══ MATERIAL FOR THE TASK

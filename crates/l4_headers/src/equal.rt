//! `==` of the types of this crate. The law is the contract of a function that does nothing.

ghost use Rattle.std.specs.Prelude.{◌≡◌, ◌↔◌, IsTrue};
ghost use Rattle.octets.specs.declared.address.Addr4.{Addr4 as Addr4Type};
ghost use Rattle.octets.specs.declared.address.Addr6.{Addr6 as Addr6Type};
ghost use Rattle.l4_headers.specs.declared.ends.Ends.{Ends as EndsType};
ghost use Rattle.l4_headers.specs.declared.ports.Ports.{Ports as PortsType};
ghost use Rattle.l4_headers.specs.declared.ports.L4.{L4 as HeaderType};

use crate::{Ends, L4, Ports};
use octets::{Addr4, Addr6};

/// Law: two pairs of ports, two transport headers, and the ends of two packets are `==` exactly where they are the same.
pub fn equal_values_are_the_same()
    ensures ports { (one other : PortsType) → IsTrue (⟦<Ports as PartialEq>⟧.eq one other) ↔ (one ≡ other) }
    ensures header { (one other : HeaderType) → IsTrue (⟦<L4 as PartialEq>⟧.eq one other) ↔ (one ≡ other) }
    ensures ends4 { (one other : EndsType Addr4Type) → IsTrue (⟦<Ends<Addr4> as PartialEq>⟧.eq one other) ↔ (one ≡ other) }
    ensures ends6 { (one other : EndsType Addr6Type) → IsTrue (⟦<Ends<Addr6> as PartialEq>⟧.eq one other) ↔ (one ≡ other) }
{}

════

→ TASK:
Look above for the line holding "that does nothing.", then set down exactly that line and every line after it up to and including the line holding "other : HeaderType)", with nothing else.

→ RESULT OF THIS TASK:
//! `==` of the types of this crate. The law is the contract of a function that does nothing.

ghost use Rattle.std.specs.Prelude.{◌≡◌, ◌↔◌, IsTrue};
ghost use Rattle.octets.specs.declared.address.Addr4.{Addr4 as Addr4Type};
ghost use Rattle.octets.specs.declared.address.Addr6.{Addr6 as Addr6Type};
ghost use Rattle.l4_headers.specs.declared.ends.Ends.{Ends as EndsType};
ghost use Rattle.l4_headers.specs.declared.ports.Ports.{Ports as PortsType};
ghost use Rattle.l4_headers.specs.declared.ports.L4.{L4 as HeaderType};

use crate::{Ends, L4, Ports};
use octets::{Addr4, Addr6};

/// Law: two pairs of ports, two transport headers, and the ends of two packets are `==` exactly where they are the same.
pub fn equal_values_are_the_same()
    ensures ports { (one other : PortsType) → IsTrue (⟦<Ports as PartialEq>⟧.eq one other) ↔ (one ≡ other) }
    ensures header { (one other : HeaderType) → IsTrue (⟦<L4 as PartialEq>⟧.eq one other) ↔ (one ≡ other) }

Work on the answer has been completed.